(Collected data entries)
----------

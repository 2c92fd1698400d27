//! How a cell can be settled otherwise: what a hint asks for is tried on the cell first.

use crate::lines::is_inner;
use crate::question::Question;
use crate::reads::{action_of, conflict_of, level_of};
use crate::rivals::{Kinds, Rivals};
use crate::supposed::{BOTTOM, TOP, place_of};
use ylalr::END;
use yprovenance::Candidate;
use ysymbols::{Associativity, Sym};
use ytables::{Action, Class, Standing};

/// A token that gives a rule its precedence, and the words of lines that choose between the rule
/// and the token of the cell.
#[derive(Clone, Copy, Drop, PartialEq, Eq)]
pub struct Words {
    /// The token that gives the rule its precedence.
    pub giver: Sym,
    /// Those with which the token of the cell is shifted where its line is the later one.
    pub shifts: Kinds,
    /// Those with which the rule is reduced where it is the earlier one.
    pub reduces: Kinds,
}

/// What settles a conflict between a shift and a rule.
#[derive(Clone, Copy, Drop, PartialEq, Eq)]
pub enum Advice {
    /// Nothing: the end takes no precedence.
    End,
    /// Nothing: the rule of an action inside a body takes none.
    Inner,
    /// Precedences of all rules of the cell.
    General,
    /// A line for the token, from which the rule has its precedence too.
    Both {
        /// Whether `%left` reduces.
        reduces: bool,
        /// Whether `%right` shifts.
        shifts: bool,
    },
    /// A line for the token, where the rule has the precedence of another one.
    Token(Words),
    /// A line for this token, from which the rule has its precedence; earlier than that of the
    /// cell's token it shifts, later it reduces.
    Rule(Sym),
    /// Lines for the token and for the one from which the rule has its precedence.
    Lines {
        /// The words of the lines.
        words: Words,
        /// Whether a name of its own for the rule does as well.
        own: bool,
    },
    /// A name of its own for the rule.
    Own,
}

impl Advice {
    /// Whether it says how to do this.
    pub fn offers(self, deed: Deed) -> bool {
        let (shifts, reduces) = match self {
            Advice::End | Advice::Inner | Advice::General => (false, false),
            Advice::Both { reduces, shifts } => (shifts, reduces),
            Advice::Token(words) => (words.shifts.any(), words.reduces.any()),
            Advice::Lines { words, .. } => (words.shifts.any(), words.reduces.any()),
            Advice::Rule(_) | Advice::Own => (true, true),
        };
        match deed {
            Deed::Shift => shifts,
            Deed::Reduce => reduces,
        }
    }
}

/// What a hint is for.
#[derive(Clone, Copy, Drop, PartialEq, Eq)]
pub enum Deed {
    /// That the token is shifted.
    Shift,
    /// That a rule is reduced.
    Reduce,
}

/// How a cell with several candidates can be settled otherwise.
#[derive(Clone, Copy, Drop, PartialEq, Eq)]
pub enum Hint {
    /// The rules in another order, or another grammar: there is no shift.
    First,
    /// What settles the conflict with this rule.
    Settle(usize, Advice),
    /// Precedences of all rules.
    General,
    /// Another word in place of `%nonassoc`.
    Turn {
        /// Whether `%left` reduces.
        reduces: bool,
        /// Whether `%right` shifts.
        shifts: bool,
    },
    /// `%right` for the line of the token, or `%left` to reduce.
    Word(Deed),
    /// The token on a later line than this one to shift, on an earlier one to reduce, of these words.
    Order(Deed, Sym, Kinds),
}

/// How a cell with several candidates can be settled otherwise. The advice about one that counts a
/// conflict and shifts is about the first rule that doesn't lose.
pub fn hint_on(asked: Question<'_>) -> Option<Hint> {
    let rivals = Rivals::new(asked);
    match action_of(asked.tables, asked.state, asked.token) {
        Action::Reduce(_) if asked.shift().is_none() => Some(Hint::First),
        Action::Reduce(_) => {
            let beats = |candidate: &Candidate| candidate.standing.class() == Class::Beat;
            Some(rivals.instead(asked.candidates().filter(beats).last()?, Deed::Shift))
        }
        Action::Error => Some(rivals.to_turn()),
        Action::Shift(_) | Action::Accept => {
            if conflict_of(asked.tables, asked.state, asked.token).is_none() {
                return Some(rivals.instead(asked.candidates().next()?, Deed::Reduce));
            }
            let kept = |candidate: &Candidate| candidate.standing.class() != Class::Lose;
            let candidate = asked.candidates().find(kept)?;
            let advice = rivals.advice(candidate).unwrap_or(Advice::General);
            Some(Hint::Settle(candidate.rule, advice))
        }
    }
}

impl Rivals<'_> {
    /// How to turn what is forbidden.
    fn to_turn(&self) -> Hint {
        let reduces = self.reduces(self.with_word(Associativity::Left));
        let shifts = self.is_done(self.with_word(Associativity::Right), self.shift);
        if reduces || shifts {
            Hint::Turn { reduces, shifts }
        } else {
            Hint::General
        }
    }

    /// How to shift where a rule has won, or to reduce where the token has won: where both have one
    /// level, by another word for its line, if that turns the cell, and else by another order of
    /// lines of some words.
    fn instead(&self, candidate: Candidate, deed: Deed) -> Hint {
        let rule = candidate.rule;
        let (turns, kinds) = match deed {
            Deed::Shift => {
                let at = self.place(rule).unwrap_or(BOTTOM);
                let turns = self.is_done(self.with_word(Associativity::Right), self.shift);
                (turns, self.kinds_between((at, usize::MAX), self.shift))
            }
            Deed::Reduce => {
                let at = self.place(rule).unwrap_or(TOP);
                let turns = self.reduces(self.with_word(Associativity::Left));
                (turns, Kinds::by(|kind| self.reduces_above(at, kind)))
            }
        };
        let giver = self.asked.lines.giver(self.asked.grammar(), rule);
        match (candidate.standing, giver) {
            (Standing::Level(_), _) if turns => Hint::Word(deed),
            (Standing::Level(_), _) => Hint::General,
            (_, Some(token)) if kinds.any() => Hint::Order(deed, token, kinds),
            _ => Hint::General,
        }
    }

    /// What settles the conflict with a rule, where less does than precedences of all rules.
    fn advice(&self, candidate: Candidate) -> Option<Advice> {
        let rule = candidate.rule;
        if self.asked.token == END {
            return Some(Advice::End);
        }
        match self.asked.lines.giver(self.asked.grammar(), rule) {
            Some(token) if token == self.asked.token => {
                let (all, by_rule) = ((0, usize::MAX), Action::Reduce(rule));
                let reduces = self.is_done_between(all, Associativity::Left, by_rule);
                let shifts = self.is_done_between(all, Associativity::Right, self.shift);
                (reduces || shifts).then_some(Advice::Both { reduces, shifts })
            }
            Some(token) => match candidate.standing {
                Standing::NoToken => self.with_token_line(rule, token),
                Standing::NoRule => self.with_rule_line(rule, token),
                _ => self.with_lines(rule, token),
            },
            None if is_inner(self.asked.grammar(), rule) => Some(Advice::Inner),
            None => {
                let chooses = self.chooses_by(rule, Associativity::Right);
                chooses.then_some(Advice::Own)
            }
        }
    }

    /// A line for the token, where the rule has that of another token.
    fn with_token_line(&self, rule: usize, giver: Sym) -> Option<Advice> {
        let at = self.place(rule).unwrap_or(TOP);
        let words = Words {
            giver,
            shifts: self.kinds_between((at, usize::MAX), self.shift),
            reduces: self.kinds_between((0, at), Action::Reduce(rule)),
        };
        (words.shifts.any() || words.reduces.any()).then_some(Advice::Token(words))
    }

    /// A line for the token that would give the rule its precedence, where the token of the cell
    /// has one.
    fn with_rule_line(&self, rule: usize, giver: Sym) -> Option<Advice> {
        let level = level_of(self.asked.grammar(), self.asked.token).map_or(0, |it| it.level);
        let at = place_of(level);
        let above = self.with_giver(giver, at.saturating_sub(1));
        let below = self.with_giver(giver, at.saturating_add(1));
        let shifts = self.is_done(above, self.shift);
        let reduces = self.is_done(below, Action::Reduce(rule));
        (shifts && reduces).then_some(Advice::Rule(giver))
    }

    /// The lines of two tokens.
    fn with_lines(&self, rule: usize, giver: Sym) -> Option<Advice> {
        let words = Words {
            giver,
            shifts: self.kinds_by((self.asked.token, giver), self.shift),
            reduces: self.kinds_by((giver, self.asked.token), Action::Reduce(rule)),
        };
        let kinds = words.shifts.and(words.reduces);
        let by_own = Kinds::by(|kind| self.chooses_by(rule, kind));
        let own = kinds.any() && kinds.and(by_own) == kinds;
        (words.shifts.any() || words.reduces.any()).then_some(Advice::Lines { words, own })
    }
}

----------

Your instructions: Using the entries above, output exactly the lines between the line holding "rules of the cell." and the line holding "pub fn offers(self, deed: Deed)", end lines included, and nothing more.

Result:
    /// Precedences of all rules of the cell.
    General,
    /// A line for the token, from which the rule has its precedence too.
    Both {
        /// Whether `%left` reduces.
        reduces: bool,
        /// Whether `%right` shifts.
        shifts: bool,
    },
    /// A line for the token, where the rule has the precedence of another one.
    Token(Words),
    /// A line for this token, from which the rule has its precedence; earlier than that of the
    /// cell's token it shifts, later it reduces.
    Rule(Sym),
    /// Lines for the token and for the one from which the rule has its precedence.
    Lines {
        /// The words of the lines.
        words: Words,
        /// Whether a name of its own for the rule does as well.
        own: bool,
    },
    /// A name of its own for the rule.
    Own,
}

impl Advice {
    /// Whether it says how to do this.
    pub fn offers(self, deed: Deed) -> bool {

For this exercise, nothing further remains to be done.